§ The problem: Locate the word "Rattle" in the data below, then copy every line that holds it.

__________

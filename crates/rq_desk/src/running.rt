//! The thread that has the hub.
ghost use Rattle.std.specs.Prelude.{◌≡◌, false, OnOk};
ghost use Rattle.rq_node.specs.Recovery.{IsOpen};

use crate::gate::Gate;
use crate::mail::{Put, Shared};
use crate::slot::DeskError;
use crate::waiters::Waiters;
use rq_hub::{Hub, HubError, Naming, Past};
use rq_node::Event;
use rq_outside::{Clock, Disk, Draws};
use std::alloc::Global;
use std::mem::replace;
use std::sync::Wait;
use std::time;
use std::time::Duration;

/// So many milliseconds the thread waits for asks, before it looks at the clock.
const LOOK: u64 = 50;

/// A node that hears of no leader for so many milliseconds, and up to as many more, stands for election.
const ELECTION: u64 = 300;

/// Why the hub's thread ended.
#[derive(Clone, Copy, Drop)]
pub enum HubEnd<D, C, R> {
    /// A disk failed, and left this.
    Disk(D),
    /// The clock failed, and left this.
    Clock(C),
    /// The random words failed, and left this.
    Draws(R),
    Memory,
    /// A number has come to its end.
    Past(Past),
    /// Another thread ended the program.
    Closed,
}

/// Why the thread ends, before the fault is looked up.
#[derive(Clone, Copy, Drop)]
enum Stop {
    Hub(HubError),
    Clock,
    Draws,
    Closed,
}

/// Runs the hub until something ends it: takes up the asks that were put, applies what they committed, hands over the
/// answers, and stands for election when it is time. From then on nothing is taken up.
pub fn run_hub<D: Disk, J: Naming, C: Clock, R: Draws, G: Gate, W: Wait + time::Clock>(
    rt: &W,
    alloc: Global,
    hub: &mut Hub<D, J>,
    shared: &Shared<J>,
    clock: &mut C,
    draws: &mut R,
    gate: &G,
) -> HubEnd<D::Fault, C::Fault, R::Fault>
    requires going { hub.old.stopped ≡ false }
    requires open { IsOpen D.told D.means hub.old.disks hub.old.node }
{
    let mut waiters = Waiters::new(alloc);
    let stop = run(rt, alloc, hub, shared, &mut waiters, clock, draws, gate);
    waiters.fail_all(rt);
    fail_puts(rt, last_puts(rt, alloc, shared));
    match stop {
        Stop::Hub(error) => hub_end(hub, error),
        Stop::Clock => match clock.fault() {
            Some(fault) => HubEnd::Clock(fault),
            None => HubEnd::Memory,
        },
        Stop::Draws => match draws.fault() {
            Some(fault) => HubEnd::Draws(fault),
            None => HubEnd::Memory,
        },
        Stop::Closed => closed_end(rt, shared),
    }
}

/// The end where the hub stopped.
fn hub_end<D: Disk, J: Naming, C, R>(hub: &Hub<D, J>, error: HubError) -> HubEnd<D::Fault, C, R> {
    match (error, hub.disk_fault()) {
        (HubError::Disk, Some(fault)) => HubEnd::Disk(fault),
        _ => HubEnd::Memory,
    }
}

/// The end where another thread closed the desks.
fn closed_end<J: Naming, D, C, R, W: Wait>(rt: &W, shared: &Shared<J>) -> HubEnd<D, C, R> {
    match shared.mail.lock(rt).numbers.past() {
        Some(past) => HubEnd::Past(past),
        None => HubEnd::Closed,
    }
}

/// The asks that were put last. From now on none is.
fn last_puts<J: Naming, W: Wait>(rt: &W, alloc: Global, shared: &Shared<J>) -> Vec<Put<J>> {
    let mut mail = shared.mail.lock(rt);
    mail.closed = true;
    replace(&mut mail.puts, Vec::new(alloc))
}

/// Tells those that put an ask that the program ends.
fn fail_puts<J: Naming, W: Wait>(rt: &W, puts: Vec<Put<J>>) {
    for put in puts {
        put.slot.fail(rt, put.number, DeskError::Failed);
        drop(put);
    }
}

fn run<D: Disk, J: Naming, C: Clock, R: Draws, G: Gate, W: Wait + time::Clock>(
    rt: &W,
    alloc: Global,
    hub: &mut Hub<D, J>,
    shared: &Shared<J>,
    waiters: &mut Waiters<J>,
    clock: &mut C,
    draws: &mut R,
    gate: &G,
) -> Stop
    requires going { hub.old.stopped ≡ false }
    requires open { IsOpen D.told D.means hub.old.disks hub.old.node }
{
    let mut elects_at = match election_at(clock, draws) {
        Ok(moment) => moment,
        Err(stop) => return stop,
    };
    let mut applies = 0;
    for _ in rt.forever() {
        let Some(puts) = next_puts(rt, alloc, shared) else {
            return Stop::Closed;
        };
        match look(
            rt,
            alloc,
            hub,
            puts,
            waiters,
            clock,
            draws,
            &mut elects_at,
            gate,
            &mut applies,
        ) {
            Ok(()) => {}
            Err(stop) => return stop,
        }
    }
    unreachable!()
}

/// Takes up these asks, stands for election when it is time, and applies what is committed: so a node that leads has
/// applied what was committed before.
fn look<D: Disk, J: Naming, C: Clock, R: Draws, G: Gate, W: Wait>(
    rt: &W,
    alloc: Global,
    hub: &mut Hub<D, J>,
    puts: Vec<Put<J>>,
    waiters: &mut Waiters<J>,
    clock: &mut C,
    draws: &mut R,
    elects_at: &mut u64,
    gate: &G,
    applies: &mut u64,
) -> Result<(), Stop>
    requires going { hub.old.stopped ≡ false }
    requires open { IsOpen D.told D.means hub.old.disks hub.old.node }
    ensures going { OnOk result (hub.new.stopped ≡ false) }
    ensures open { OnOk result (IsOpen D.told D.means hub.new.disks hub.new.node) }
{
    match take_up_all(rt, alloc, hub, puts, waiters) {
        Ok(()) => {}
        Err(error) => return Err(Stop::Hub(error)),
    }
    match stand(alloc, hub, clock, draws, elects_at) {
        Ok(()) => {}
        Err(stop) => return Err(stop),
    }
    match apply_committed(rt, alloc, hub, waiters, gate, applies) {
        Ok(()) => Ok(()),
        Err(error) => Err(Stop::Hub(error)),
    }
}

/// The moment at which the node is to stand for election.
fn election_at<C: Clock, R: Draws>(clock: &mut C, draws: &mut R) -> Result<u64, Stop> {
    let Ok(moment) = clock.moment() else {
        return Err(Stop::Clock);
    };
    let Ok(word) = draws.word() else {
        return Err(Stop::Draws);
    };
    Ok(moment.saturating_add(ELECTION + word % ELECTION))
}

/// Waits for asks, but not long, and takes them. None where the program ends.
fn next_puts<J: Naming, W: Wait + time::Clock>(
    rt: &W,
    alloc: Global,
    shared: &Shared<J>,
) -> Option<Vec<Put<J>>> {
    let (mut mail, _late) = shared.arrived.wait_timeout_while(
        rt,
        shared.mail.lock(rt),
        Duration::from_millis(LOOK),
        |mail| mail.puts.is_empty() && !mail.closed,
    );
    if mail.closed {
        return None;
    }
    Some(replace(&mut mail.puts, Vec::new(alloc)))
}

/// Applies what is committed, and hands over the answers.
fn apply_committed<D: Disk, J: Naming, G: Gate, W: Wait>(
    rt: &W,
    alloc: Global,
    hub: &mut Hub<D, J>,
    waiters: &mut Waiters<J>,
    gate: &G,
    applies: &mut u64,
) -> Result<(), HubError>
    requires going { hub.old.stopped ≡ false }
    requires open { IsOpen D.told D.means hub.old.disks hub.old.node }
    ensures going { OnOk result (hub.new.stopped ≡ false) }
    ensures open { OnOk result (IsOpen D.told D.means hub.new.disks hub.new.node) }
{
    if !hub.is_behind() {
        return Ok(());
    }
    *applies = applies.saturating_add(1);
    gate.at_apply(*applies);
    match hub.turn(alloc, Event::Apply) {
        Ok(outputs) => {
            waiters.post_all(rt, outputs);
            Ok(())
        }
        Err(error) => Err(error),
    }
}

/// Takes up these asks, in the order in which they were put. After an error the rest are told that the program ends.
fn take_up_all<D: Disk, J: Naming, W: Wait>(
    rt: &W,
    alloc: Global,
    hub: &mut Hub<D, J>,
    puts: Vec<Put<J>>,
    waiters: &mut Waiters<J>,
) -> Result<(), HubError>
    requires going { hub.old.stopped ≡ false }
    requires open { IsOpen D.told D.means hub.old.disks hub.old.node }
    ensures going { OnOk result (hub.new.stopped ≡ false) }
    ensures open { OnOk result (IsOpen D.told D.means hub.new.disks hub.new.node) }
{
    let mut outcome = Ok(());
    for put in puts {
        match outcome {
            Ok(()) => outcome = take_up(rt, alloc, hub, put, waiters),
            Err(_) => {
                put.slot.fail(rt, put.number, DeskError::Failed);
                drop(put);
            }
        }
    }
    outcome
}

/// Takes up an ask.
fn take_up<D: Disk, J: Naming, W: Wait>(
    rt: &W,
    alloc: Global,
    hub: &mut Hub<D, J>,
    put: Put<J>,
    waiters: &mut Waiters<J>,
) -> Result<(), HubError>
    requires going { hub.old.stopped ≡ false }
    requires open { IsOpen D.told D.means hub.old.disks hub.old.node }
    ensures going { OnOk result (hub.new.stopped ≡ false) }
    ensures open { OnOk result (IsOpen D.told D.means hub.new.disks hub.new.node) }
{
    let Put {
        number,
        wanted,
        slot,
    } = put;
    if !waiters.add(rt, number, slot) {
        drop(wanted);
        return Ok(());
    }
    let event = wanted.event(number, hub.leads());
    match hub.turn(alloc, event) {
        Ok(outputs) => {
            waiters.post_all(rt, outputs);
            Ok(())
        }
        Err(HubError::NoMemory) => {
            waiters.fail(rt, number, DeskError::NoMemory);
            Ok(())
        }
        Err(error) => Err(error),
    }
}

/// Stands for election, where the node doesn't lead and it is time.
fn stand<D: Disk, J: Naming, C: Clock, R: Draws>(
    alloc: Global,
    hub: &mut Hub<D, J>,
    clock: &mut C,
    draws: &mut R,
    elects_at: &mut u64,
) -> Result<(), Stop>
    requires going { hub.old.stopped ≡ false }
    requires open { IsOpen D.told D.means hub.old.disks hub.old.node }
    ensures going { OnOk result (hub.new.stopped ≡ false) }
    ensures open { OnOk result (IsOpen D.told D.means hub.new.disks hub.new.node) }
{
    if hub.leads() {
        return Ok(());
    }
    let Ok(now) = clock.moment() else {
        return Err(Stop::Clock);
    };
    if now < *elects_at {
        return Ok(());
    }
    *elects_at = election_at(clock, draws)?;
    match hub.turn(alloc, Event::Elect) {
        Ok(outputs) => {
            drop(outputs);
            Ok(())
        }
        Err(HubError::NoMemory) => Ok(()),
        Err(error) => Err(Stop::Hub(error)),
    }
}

__________

§ Written reply:
ghost use Rattle.std.specs.Prelude.{◌≡◌, false, OnOk};
ghost use Rattle.rq_node.specs.Recovery.{IsOpen};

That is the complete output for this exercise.